# Shop Heat Question



## PHPaul (Sep 5, 2021)

I'm building the stand/plenum for a downdraft hot air mobile home furnace to sit on.  Frame is angle iron, 24x18, 18" high cube.  Sides will be covered with bolt-on sheet metal panels.  Bottom will sit on an uninsulated concrete slab.  

My question is, should I insulate between the bottom of the frame and the slab?  I can see the slab being a giant heat sink and sucking up a lot of the heat for no good purpose.

I'm thinking a piece of 2" blue board, some half inch spacers and a sheet metal floor in the frame.

Yes?  No?  Won't make any difference?


----------



## woodchucker (Sep 5, 2021)

yes.. like you said it will be a heat sink.  if it didn't have the rest of the floor it would retain the heat.

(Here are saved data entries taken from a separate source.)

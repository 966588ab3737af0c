//! Which conjunct may serve which item, and where a conjunct is known.
ghost use Rattle.std.specs.Prelude.{◌≡◌, ◌<◌, ℕ, List, length, slice_get, IsSomeAnd};
ghost use Rattle.sql_meaning.specs.Conjuncts as meant;
ghost use Rattle.sql_meaning.specs.Expressions.{names, all_names};
ghost use Rattle.sql_bound.specs.Expressions.{expr_of, members_of};
ghost use Rattle.sql_bound.specs.Statements.{bound_of};
ghost use Rattle.sql_bound.specs.Naming.{IsPlaced, farther_of, known_by};
ghost use Rattle.sql_bound.specs.Naming.{standing_of, standing_all};

use crate::placed::is_placed;
use crate::{BExpr, BExprs, Bound};

/// Whether a walk of the item may be narrowed by the conjunct. An item of a LEFT JOIN is served by
/// the conjuncts of its own ON alone, and every other item by the common ones alone. Takes no
/// memory.
pub fn may_serve(bound: &Bound, conjunct: u32, item: u32) -> bool
    requires conjunct { conjunct < length bound.now.conjuncts.now }
    requires item { item < length bound.now.items.now }
    ensures { IsSomeAnd (slice_get (bound_of bound.now).conjuncts conjunct)
        (λ c. result ≡ meant.may_serve (bound_of bound.now) item c) }
{
    let owner = bound.conjuncts[conjunct as usize].owner;
    if bound.items[item as usize].left {
        owner == Some(item)
    } else {
        owner.is_none()
    }
}

/// Whether equalities for the item may be derived from the conjunct: it is common, and the item
/// isn't of a LEFT JOIN. Takes no memory.
pub fn may_derive(bound: &Bound, conjunct: u32, item: u32) -> bool
    requires conjunct { conjunct < length bound.now.conjuncts.now }
    requires item { item < length bound.now.items.now }
    ensures { IsSomeAnd (slice_get (bound_of bound.now).conjuncts conjunct)
        (λ c. result ≡ meant.may_derive (bound_of bound.now) item c) }
{
    bound.conjuncts[conjunct as usize].owner.is_none() && !bound.items[item as usize].left
}

/// Whether the conjunct is first known in the loop of the item, which stands inside those of the
/// placed items. Bit k of `placed` stands for item k. A common conjunct is first known in the loop
/// of the last item that it names, or in the first loop where it names none; that of a LEFT JOIN's
/// ON, in the loop of its item. Takes no memory.
pub fn first_at(bound: &Bound, conjunct: u32, placed: u64, item: u32) -> bool
    requires conjunct { conjunct < length bound.now.conjuncts.now }
    requires item { item < length bound.now.items.now }
    ensures { (items : List ℕ) → IsPlaced placed items
        → IsSomeAnd (slice_get (bound_of bound.now).conjuncts conjunct)
        (λ c. result ≡ meant.first_at items item c) }
{
    let tested = &bound.conjuncts[conjunct as usize];
    match tested.owner {
        Some(owner) => owner == item,
        None => is_known(expr_standing(tested.expr, placed, item), placed == 0),
    }
}

/// What an expression names.
#[derive(Clone, Copy)]
pub(crate) enum Standing {
    /// No item.
    Free,
    /// Placed items alone.
    Placed,
    /// The item of the loop, and besides it placed items alone.
    Here,
    /// An item that isn't placed, nor is it that of the loop.
    Open,
}

/// What two expressions name together.
fn farther(left: Standing, right: Standing) -> Standing
    ensures { result ≡ farther_of left right }
{
    match (left, right) {
        (Standing::Free, other) => other,
        (other, Standing::Free) => other,
        (Standing::Open, _) => Standing::Open,
        (_, Standing::Open) => Standing::Open,
        (Standing::Here, _) => Standing::Here,
        (_, Standing::Here) => Standing::Here,
        (Standing::Placed, Standing::Placed) => Standing::Placed,
    }
}

/// Whether a common conjunct is first known; `first` says that nothing is placed.
fn is_known(standing: Standing, first: bool) -> bool
    ensures { result ≡ known_by first standing }
{
    match standing {
        Standing::Free => first,
        Standing::Placed => false,
        Standing::Here => true,
        Standing::Open => false,
    }
}

fn item_standing(named: u32, placed: u64, item: u32) -> Standing
    ensures { result ≡ standing_of placed item named }
{
    if named == item {
        Standing::Here
    } else if is_placed(placed, named) {
        Standing::Placed
    } else {
        Standing::Open
    }
}

#[cycle(expr_standing)]
#[tactic(auto, using(crate::proofs::Members::seen_lists))]
fn expr_standing(expr: &BExpr, placed: u64, item: u32) -> Standing
    ensures { result ≡ standing_all placed item (names (expr_of expr.now)) }
{
    match expr {
        BExpr::Lit(_) => Standing::Free,
        BExpr::Param(_) => Standing::Free,
        BExpr::Column { item: named, .. } => item_standing(*named, placed, item),
        BExpr::Rowid { item: named } => item_standing(*named, placed, item),
        BExpr::Plus(inner) => expr_standing(inner, placed, item),
        BExpr::Collate(inner, _) => expr_standing(inner, placed, item),
        BExpr::Cmp { left, right, .. } => {
            farther(
                expr_standing(left, placed, item),
                expr_standing(right, placed, item),
            )
        }
        BExpr::OneOf { left, entries, .. } => {
            farther(
                expr_standing(left, placed, item),
                list_standing(entries, placed, item),
            )
        }
        BExpr::Like(_, left, pattern) => {
            farther(
                expr_standing(left, placed, item),
                expr_standing(pattern, placed, item),
            )
        }
        BExpr::IsNull(_, inner) => expr_standing(inner, placed, item),
        BExpr::Not(inner) => expr_standing(inner, placed, item),
        BExpr::All(members) => list_standing(members, placed, item),
        BExpr::Any(members) => list_standing(members, placed, item),
    }
}

#[cycle(expr_standing)]
fn list_standing(list: &BExprs, placed: u64, item: u32) -> Standing
    ensures { result ≡ standing_all placed item (all_names (members_of list.now)) }
{
    let mut all = Standing::Free;
    for member in list.members {
        all = farther(all, expr_standing(member, placed, item));
    }
    all
}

But being attached it is a heat sink.


----------



## GL (Sep 5, 2021)

First, congratulations on having heat - cold shops suck, changing temps condense water, heat makes everything happier.  
Foam on bottom instead of concrete is better.  If you already have sheet metal sides, you might consider making a sheet metal bottom, raised up a few inches, and forgo the foam.  Air is a good insulator also.  The bottom might extend past the base to kick the air flow up as it exits into the shop. Couple of legs and the flex of the metal could make it sort of adjustable, if that became important. If you really want some OCD, round the back and bottom to make the air flow around the back corner better.


----------